Using 2captcha Service

First, install the required dependency:

pip install 2captcha-python

Here's a Scrapy spider that integrates 2captcha for solving image CAPTCHAs:

import scrapy
import base64
from twocaptcha import TwoCaptcha
from scrapy.http import FormRequest
import time

class CaptchaSpider(scrapy.Spider):
    name = 'captcha_spider'

    def __init__(self):
        # Initialize 2captcha solver with your API key
        self.solver = TwoCaptcha('YOUR_2CAPTCHA_API_KEY')

    def start_requests(self):
        urls = ['https://example.com/login']
        for url in urls:
            yield scrapy.Request(url=url, callback=self.parse_login)

    def parse_login(self, response):
        # Extract CAPTCHA image
        captcha_img = response.css('img.captcha-image::attr(src)').get()

        if captcha_img:
            # Download CAPTCHA image
            captcha_url = response.urljoin(captcha_img)
            yield scrapy.Request(
                url=captcha_url,
                callback=self.solve_captcha,
                meta={'response': response}
            )

    def solve_captcha(self, response):
        original_response = response.meta['response']

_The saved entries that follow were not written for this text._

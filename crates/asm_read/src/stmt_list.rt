// The labels and statements of a text, each with its line.
ghost use Rattle.std.specs.Prelude.{◌≡◌, ◌<◌, ◌≤◌, ◌++◌, IfOk, IfSome, OnOk, map, length};
ghost use Rattle.std.specs.Option.{option_map};
ghost use Rattle.std.specs.List.{slice_split};
ghost use Rattle.asm_read.specs.Lex.{all_shown, lex, shown};
ghost use Rattle.asm_read.specs.Reading as spec;
ghost use Rattle.asm_read.specs.Shown.{shown_stmt, shown_at};
ghost use Rattle.asm_read.specs.Stmts as stmts;

use crate::arguments::arguments_at;
use crate::keywords::keyword_named;
use crate::stmts::{Stmt, make};
use crate::token::{Sign, Token, tokens};
use asm_item::{Item, is_name};
use num_le::Name;
use std::alloc::{AllocError, Global};
use std::collections::VecDeque;

/// A label or statement and its line, or None for what is none.
#[derive(Drop)]
pub struct Placed {
    pub line: u32,
    pub stmt: Option<Stmt>,
}

/// The statement of these tokens. None where they are none.
fn statement_of(alloc: Global, tokens: &[Token<'_>]) -> Result<Option<Stmt>, AllocError>
    ensures { IfOk result (λ s. stmts.or_wrong (option_map shown_stmt s) ≡ stmts.statement_at (all_shown tokens.now)) }
{
    let [Token::Word(w), rest @ ..] = tokens else {
        return Ok(None);
    };
    let Some(word) = keyword_named(w) else {
        return Ok(None);
    };
    match arguments_at(alloc, rest)? {
        None => Ok(None),
        Some(args) => make(alloc, word, &args),
    }
}

fn label_of(alloc: Global, k: &[u8]) -> Result<Option<Stmt>, AllocError>
    ensures { IfOk result (λ s. stmts.or_wrong (option_map shown_stmt s) ≡ stmts.label_at k.now) }
{
    if !is_name(k) {
        return Ok(None);
    }
    Ok(Some(Stmt::Item(Item::Label(Name::of(alloc, k)?))))
}

/// The word of a label, which has a colon behind it.
fn label_front<'a>(tokens: &[Token<'a>]) -> Option<&'a [u8]>
    ensures word { option_map (λ k. k.now) result ≡ stmts.label_front (all_shown tokens.now) }
    ensures two { IfSome result (λ k. 2 ≤ length tokens.now) }
{
    match tokens {
        [Token::Word(k), Token::Mark(Sign::Colon), ..] => Some(k),
        _ => None,
    }
}

fn is_semicolon(t: &Token<'_>) -> bool
    ensures { result ≡ stmts.is_semicolon (shown t.now) }
{
    matches!(t, Token::Mark(Sign::Semicolon))
}

/// The parts between semicolons.
fn between_semicolons<'b, 'a>(
    alloc: Global,
    tokens: &'b [Token<'a>],
) -> Result<Vec<&'b [Token<'a>]>, AllocError>
    ensures { IfOk result (λ v. map (λ x. all_shown x.now) v.items ≡ slice_split stmts.is_semicolon (all_shown tokens.now)) }
{
    tokens.split(|t| is_semicolon(t)).collect(alloc)
}

/// Puts the labels and the statement that stand between semicolons at the end.
#[tactic(auto, using(crate::proofs::Fronts::fronts))]
fn put_part(
    alloc: Global,
    line: u32,
    part: &[Token<'_>],
    out: &mut VecDeque<Placed>,
) -> Result<(), AllocError>
    ensures { OnOk result (map shown_at out.new.items ≡ map shown_at out.old.items ++ spec.at_line line (stmts.stmts_at (all_shown part.now))) }
{
    let mut rest = part;
    while let Some(k) = label_front(rest) {
        let stmt = label_of(alloc, k)?;
        out.push_back(Placed { line, stmt })?;
        rest = &rest[2..];
    }
    if rest.is_empty() {
        return Ok(());
    }
    let stmt = statement_of(alloc, rest)?;
    out.push_back(Placed { line, stmt })?;
    Ok(())
}

/// Puts the labels and statements of a line at the end.
#[tactic(auto, using(crate::proofs::Fronts::at_line_append))]
fn put_line(
    alloc: Global,
    line: u32,
    bytes: &[u8],
    out: &mut VecDeque<Placed>,
) -> Result<(), AllocError>
    ensures { OnOk result (map shown_at out.new.items ≡ map shown_at out.old.items ++ spec.at_line line (stmts.stmts_of (lex bytes.now))) }
{
    let all = tokens(alloc, bytes)?;
    for part in &between_semicolons(alloc, &all)? {
        put_part(alloc, line, part, out)?;
    }
    Ok(())
}

/// The lines of a text: a line begins behind each newline.
fn lines(alloc: Global, text: &[u8]) -> Result<Vec<&[u8]>, AllocError>
    ensures { IfOk result (λ v. map (λ x. x.now) v.items ≡ spec.lines_of text.now) }
{
    text.split(|b| *b == b'\n').collect(alloc)
}

/// The labels and statements of a text.
pub fn text_stmts(alloc: Global, text: &[u8]) -> Result<VecDeque<Placed>, AllocError>
    requires countable { length (spec.lines_of text.now) < 4294967295 }
    ensures { IfOk result (λ v. map shown_at v.items ≡ spec.text_stmts text.now) }
{
    let mut out = VecDeque::new(alloc);
    let mut number = 1u32;
    for line in &lines(alloc, text)? {
        put_line(alloc, number, line, &mut out)?;
        number += 1;
    }
    Ok(out)
}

        # Encode image to base64
        image_data = base64.b64encode(response.body).decode('utf-8')

        try:
            # Solve CAPTCHA
            result = self.solver.normal(image_data)
            captcha_solution = result['code']

            # Submit form with CAPTCHA solution
            return FormRequest.from_response(
                original_response,
                formdata={
                    'username': 'your_username',
                    'password': 'your_password',
                    'captcha': captcha_solution
                },
                callback=self.after_login
            )

        except Exception as e:
            self.logger.error(f"CAPTCHA solving failed: {e}")
            return None

    def after_login(self, response):
        # Process the page after successful login
        if "dashboard" in response.url or "welcome" in response.text.lower():
            self.logger.info("Login successful!")
            # Continue scraping protected content
            yield scrapy.Request(
                url='https://example.com/protected-data',
                callback=self.parse_data
            )
        else:
            self.logger.error("Login failed, CAPTCHA might be incorrect")

    def parse_data(self, response):
        # Extract your target data here
        for item in response.css('div.item'):
            yield {
                'title': item.css('h2::text').get(),
                'description': item.css('p::text').get()
            }

Handling reCAPTCHA v2

For reCAPTCHA v2 challenges, you'll need to extract the site key and use a specialized solving method:

import scrapy
from twocaptcha import TwoCaptcha

class RecaptchaSpider(scrapy.Spider):
    name = 'recaptcha_spider'

    def __init__(self):
        self.solver = TwoCaptcha('YOUR_2CAPTCHA_API_KEY')

    def parse_recaptcha(self, response):
        # Extract reCAPTCHA site key
        site_key = response.css('[data-sitekey]::attr(data-sitekey)').get()
        page_url = response.url

        if site_key:
            try:
                # Solve reCAPTCHA v2
                result = self.solver.recaptcha(
                    sitekey=site_key,
                    url=page_url
                )

                recaptcha_response = result['code']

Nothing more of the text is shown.